*** DATA FOR THIS TASK ***

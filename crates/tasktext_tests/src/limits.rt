// Texts at the limits.
use crate::written::*;
use std::test::Fail;
use tasktext::text::read_task;

// A frame of this kind that lists the facts below `count`.
fn add_list(text: &mut Vec<u8>, kind: u8, count: u8) -> Result<(), Fail> {
    add_byte(text, kind)?;
    add_byte(text, count)?;
    for f in 0..count {
        add_byte(text, f)?;
    }
    add(text, b"\n")
}

// An action with three lists of the first `count` facts.
fn add_action(text: &mut Vec<u8>, count: u8) -> Result<(), Fail> {
    add_byte(text, 2)?;
    for _ in 0..3u8 {
        add_byte(text, count)?;
    }
    for _ in 0..3u8 {
        for f in 0..count {
            add_byte(text, f)?;
        }
    }
    add(text, b"\n")
}

#[test]
fn the_small_task_is_read(rt: HostRuntime) -> Result<(), Fail> {
    let mut text = Vec::new(rt.alloc());
    for line in lines() {
        add(&mut text, line)?;
    }
    let task = read_task(rt.alloc(), &text)?;
    assert_eq!(rt; task.facts(), 3);
    assert_eq!(rt; task.action_count(), 2);
    assert_eq!(rt; task.goal(), [2u8].as_slice());
    assert_eq!(rt; task.start(), [0u8].as_slice());
    let Some(a) = task.action(1) else {
        return Err(Fail::new("action 1 is missing"));
    };
    assert_eq!(rt; a.preconditions(), [1u8].as_slice());
    assert_eq!(rt; a.adds(), [2u8].as_slice());
    assert_eq!(rt; a.deletes(), [1u8].as_slice());
    Ok(())
}

#[test]
fn the_smallest_text(rt: HostRuntime) -> Result<(), Fail> {
    let task = read_task(rt.alloc(), b"01010000\n0300\n0400\n05\n")?;
    assert_eq!(rt; task.facts(), 1);
    assert_eq!(rt; task.action_count(), 0);
    assert!(rt; task.goal().is_empty());
    assert!(rt; task.start().is_empty());
    Ok(())
}

// Order matters within a list only: the next list may begin lower.
#[test]
fn lists_may_begin_lower(rt: HostRuntime) -> Result<(), Fail> {
    let task = read_task(
        rt.alloc(),
        b"01030001\n02010101020100\n0300\n0403000102\n05\n",
    )?;
    assert_eq!(rt; task.action_count(), 1);
    assert_eq!(rt; task.start().len(), 3);
    Ok(())
}

#[test]
fn the_largest_task_is_read(rt: HostRuntime) -> Result<(), Fail> {
    let mut text = Vec::new(rt.alloc());
    add(&mut text, b"01ff0200\n")?;
    for _ in 0..512u16 {
        add_action(&mut text, 16)?;
    }
    add_list(&mut text, 3, 255)?;
    add_list(&mut text, 4, 255)?;
    add(&mut text, b"05\n")?;
    let task = read_task(rt.alloc(), &text)?;
    assert_eq!(rt; task.facts(), 255);
    assert_eq!(rt; task.action_count(), 512);
    assert_eq!(rt; task.goal().len(), 255);
    assert_eq!(rt; task.start().len(), 255);
    let Some(a) = task.action(511) else {
        return Err(Fail::new("the last action is missing"));
    };
    assert_eq!(rt; a.preconditions().len(), 16);
    assert_eq!(rt; a.adds().len(), 16);
    assert_eq!(rt; a.deletes().len(), 16);
    Ok(())
}

// The last line of the largest task is number 516; what comes after it is in line 517.
#[test]
fn the_last_line_numbers(rt: HostRuntime) -> Result<(), Fail> {
    let heap = rt.alloc();
    let mut text = Vec::new(heap);
    add(&mut text, b"01010200\n")?;
    for _ in 0..512u16 {
        add(&mut text, b"02000000\n")?;
    }
    add(&mut text, b"0300\n0400\n")?;
    gives(&rt, heap, &text, Told::of(7, 516, 1))?;
    add(&mut text, b"05\n")?;
    let task = read_task(heap, &text)?;
    assert_eq!(rt; task.action_count(), 512);
    add(&mut text, b"05\n")?;
    gives(&rt, heap, &text, Told::of(3, 517, 0))
}

#[test]
fn seventeen_in_a_list(rt: HostRuntime) -> Result<(), Fail> {
    let heap = rt.alloc();
    for place in 1..4u16 {
        let mut text = Vec::new(heap);
        add(&mut text, b"01ff0001\n02")?;
        for k in 1..4u16 {
            add_byte(&mut text, if k == place { 17 } else { 0 })?;
        }
        for f in 0..17u8 {
            add_byte(&mut text, f)?;
        }
        add(&mut text, b"\n")?;
        gives(&rt, heap, &text, Told::of(5, 2, place))?;
    }
    Ok(())
}

// A goal of 255 facts takes 514 digits, the most that a line may have.
#[test]
fn the_longest_line(rt: HostRuntime) -> Result<(), Fail> {
    let heap = rt.alloc();
    let mut text = Vec::new(heap);
    add(&mut text, b"01ff0000\n")?;
    add_list(&mut text, 3, 255)?;
    assert_eq!(rt; text.len(), 9 + 514 + 1);
    add(&mut text, b"0400\n05\n")?;
    let task = read_task(heap, &text)?;
    assert_eq!(rt; task.goal().len(), 255);
    Ok(())
}

// The last fact of 255 is 254: 255 is out of bounds.
#[test]
fn the_last_fact(rt: HostRuntime) -> Result<(), Fail> {
    let heap = rt.alloc();
    gives(&rt, heap, b"01ff0000\n0301ff\n", Told::of(5, 2, 2))?;
    gives(&rt, heap, b"01fe0000\n0301fe\n", Told::of(5, 2, 2))?;
    let task = read_task(heap, b"01ff0000\n0301fe\n0400\n05\n")?;
    assert_eq!(rt; task.goal(), [254u8].as_slice());
    Ok(())
}
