// Faults in words.
use crate::written::run_of;
use std::test::Fail;
use tasktext::text::read_task;
use textfault::fault::ReadFault;

#[test]
fn each_fault_in_words(rt: HostRuntime) -> Result<(), Fail> {
    let heap = rt.alloc();
    let longest = run_of(heap, b'0', 515, b"")?;
    let told: [(&[u8], &str); 8] = [
        (
            b"0\n",
            "text refused 1: line 1, column 2: here stands no digit of 0-9a-f, or the line ends empty or odd",
        ),
        (
            &longest,
            "text refused 2: line 1, column 515: the line has more than 514 digits",
        ),
        (
            b"01010000\n05\n",
            "text refused 3: line 2, byte 0: this kind of frame is not due",
        ),
        (
            b"010000\n",
            "text refused 4: line 1, bytes 3: the line is not as long as its kind and its counts say",
        ),
        (
            b"01000000\n",
            "text refused 5: line 1, byte 1: this number is out of bounds",
        ),
        (
            b"01020000\n03020100\n",
            "text refused 6: line 2, byte 3: this fact is not above the one before it in its list",
        ),
        (
            b"01",
            "text refused 7: line 1, column 3: the text ends inside this line",
        ),
        (
            b"01010000\n",
            "text refused 7: line 2, column 1: the text ends before the end frame",
        ),
    ];
    for (text, words) in told {
        let Err(fault) = read_task(heap, text) else {
            return Err(Fail::new("a damaged text was accepted"));
        };
        assert_eq!(rt; format!(in heap; "{fault}")?.as_str(), words);
    }
    let memory = ReadFault::Memory;
    assert_eq!(rt;
        format!(in heap; "{memory}")?.as_str(),
        "no memory for a task"
    );
    Ok(())
}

***

**WHAT THE TASK ASKS**.
Without changing a word, write out each entry again.

**SOLUTION TO THE EXERCISE**.
filename crates/tasktext_tests/src/limits.rt
// Texts at the limits.
use crate::written::*;
use std::test::Fail;
use tasktext::text::read_task;

// A frame of this kind that lists the facts below `count`.
fn add_list(text: &mut Vec<u8>, kind: u8, count: u8) -> Result<(), Fail> {
    add_byte(text, kind)?;
    add_byte(text, count)?;
    for f in 0..count {
        add_byte(text, f)?;
    }
    add(text, b"\n")
}

// An action with three lists of the first `count` facts.
fn add_action(text: &mut Vec<u8>, count: u8) -> Result<(), Fail> {
    add_byte(text, 2)?;
    for _ in 0..3u8 {
        add_byte(text, count)?;
    }
    for _ in 0..3u8 {
        for f in 0..count {
            add_byte(text, f)?;
        }
    }
    add(text, b"\n")
}

#[test]
fn the_small_task_is_read(rt: HostRuntime) -> Result<(), Fail> {
    let mut text = Vec::new(rt.alloc());
    for line in lines() {
        add(&mut text, line)?;
    }
    let task = read_task(rt.alloc(), &text)?;
    assert_eq!(rt; task.facts(), 3);
    assert_eq!(rt; task.action_count(), 2);
    assert_eq!(rt; task.goal(), [2u8].as_slice());
    assert_eq!(rt; task.start(), [0u8].as_slice());
    let Some(a) = task.action(1) else {
        return Err(Fail::new("action 1 is missing"));
    };
    assert_eq!(rt; a.preconditions(), [1u8].as_slice());
    assert_eq!(rt; a.adds(), [2u8].as_slice());
    assert_eq!(rt; a.deletes(), [1u8].as_slice());
    Ok(())
}

#[test]
fn the_smallest_text(rt: HostRuntime) -> Result<(), Fail> {
    let task = read_task(rt.alloc(), b"01010000\n0300\n0400\n05\n")?;
    assert_eq!(rt; task.facts(), 1);
    assert_eq!(rt; task.action_count(), 0);
    assert!(rt; task.goal().is_empty());
    assert!(rt; task.start().is_empty());
    Ok(())
}

// Order matters within a list only: the next list may begin lower.
#[test]
fn lists_may_begin_lower(rt: HostRuntime) -> Result<(), Fail> {
    let task = read_task(
        rt.alloc(),
        b"01030001\n02010101020100\n0300\n0403000102\n05\n",
    )?;
    assert_eq!(rt; task.action_count(), 1);
    assert_eq!(rt; task.start().len(), 3);
    Ok(())
}

#[test]
fn the_largest_task_is_read(rt: HostRuntime) -> Result<(), Fail> {
    let mut text = Vec::new(rt.alloc());
    add(&mut text, b"01ff0200\n")?;
    for _ in 0..512u16 {
        add_action(&mut text, 16)?;
    }
    add_list(&mut text, 3, 255)?;
    add_list(&mut text, 4, 255)?;
    add(&mut text, b"05\n")?;
    let task = read_task(rt.alloc(), &text)?;
    assert_eq!(rt; task.facts(), 255);
    assert_eq!(rt; task.action_count(), 512);
    assert_eq!(rt; task.goal().len(), 255);
    assert_eq!(rt; task.start().len(), 255);
    let Some(a) = task.action(511) else {
        return Err(Fail::new("the last action is missing"));
    };
    assert_eq!(rt; a.preconditions().len(), 16);
    assert_eq!(rt; a.adds().len(), 16);
    assert_eq!(rt; a.deletes().len(), 16);
    Ok(())
}

// The last line of the largest task is number 516; what comes after it is in line 517.
#[test]
fn the_last_line_numbers(rt: HostRuntime) -> Result<(), Fail> {
    let heap = rt.alloc();
    let mut text = Vec::new(heap);
    add(&mut text, b"01010200\n")?;
    for _ in 0..512u16 {
        add(&mut text, b"02000000\n")?;
    }
    add(&mut text, b"0300\n0400\n")?;
    gives(&rt, heap, &text, Told::of(7, 516, 1))?;
    add(&mut text, b"05\n")?;
    let task = read_task(heap, &text)?;
    assert_eq!(rt; task.action_count(), 512);
    add(&mut text, b"05\n")?;
    gives(&rt, heap, &text, Told::of(3, 517, 0))
}

#[test]
fn seventeen_in_a_list(rt: HostRuntime) -> Result<(), Fail> {
    let heap = rt.alloc();
    for place in 1..4u16 {
        let mut text = Vec::new(heap);
        add(&mut text, b"01ff0001\n02")?;
        for k in 1..4u16 {
            add_byte(&mut text, if k == place { 17 } else { 0 })?;
        }
        for f in 0..17u8 {
            add_byte(&mut text, f)?;
        }
        add(&mut text, b"\n")?;
        gives(&rt, heap, &text, Told::of(5, 2, place))?;
    }
    Ok(())
}

// A goal of 255 facts takes 514 digits, the most that a line may have.
#[test]
fn the_longest_line(rt: HostRuntime) -> Result<(), Fail> {
    let heap = rt.alloc();
    let mut text = Vec::new(heap);
    add(&mut text, b"01ff0000\n")?;
    add_list(&mut text, 3, 255)?;
    assert_eq!(rt; text.len(), 9 + 514 + 1);
    add(&mut text, b"0400\n05\n")?;
    let task = read_task(heap, &text)?;
    assert_eq!(rt; task.goal().len(), 255);
    Ok(())
}

// The last fact of 255 is 254: 255 is out of bounds.
#[test]
fn the_last_fact(rt: HostRuntime) -> Result<(), Fail> {
    let heap = rt.alloc();
    gives(&rt, heap, b"01ff0000\n0301ff\n", Told::of(5, 2, 2))?;
    gives(&rt, heap, b"01fe0000\n0301fe\n", Told::of(5, 2, 2))?;
    let task = read_task(heap, b"01ff0000\n0301fe\n0400\n05\n")?;
    assert_eq!(rt; task.goal(), [254u8].as_slice());
    Ok(())
}
// Faults in words.
use crate::written::run_of;
use std::test::Fail;
use tasktext::text::read_task;
use textfault::fault::ReadFault;

#[test]
fn each_fault_in_words(rt: HostRuntime) -> Result<(), Fail> {
    let heap = rt.alloc();
    let longest = run_of(heap, b'0', 515, b"")?;
    let told: [(&[u8], &str); 8] = [
        (
            b"0\n",
            "text refused 1: line 1, column 2: here stands no digit of 0-9a-f, or the line ends empty or odd",
        ),
        (
            &longest,
            "text refused 2: line 1, column 515: the line has more than 514 digits",
        ),
        (
            b"01010000\n05\n",
            "text refused 3: line 2, byte 0: this kind of frame is not due",
        ),
        (
            b"010000\n",
            "text refused 4: line 1, bytes 3: the line is not as long as its kind and its counts say",
        ),
        (
            b"01000000\n",
            "text refused 5: line 1, byte 1: this number is out of bounds",
        ),
        (
            b"01020000\n03020100\n",
            "text refused 6: line 2, byte 3: this fact is not above the one before it in its list",
        ),
        (
            b"01",
            "text refused 7: line 1, column 3: the text ends inside this line",
        ),
        (
            b"01010000\n",
            "text refused 7: line 2, column 1: the text ends before the end frame",
        ),
    ];
    for (text, words) in told {
        let Err(fault) = read_task(heap, text) else {
            return Err(Fail::new("a damaged text was accepted"));
        };
        assert_eq!(rt; format!(in heap; "{fault}")?.as_str(), words);
    }
    let memory = ReadFault::Memory;
    assert_eq!(rt;
        format!(in heap; "{memory}")?.as_str(),
        "no memory for a task"
    );
    Ok(())
}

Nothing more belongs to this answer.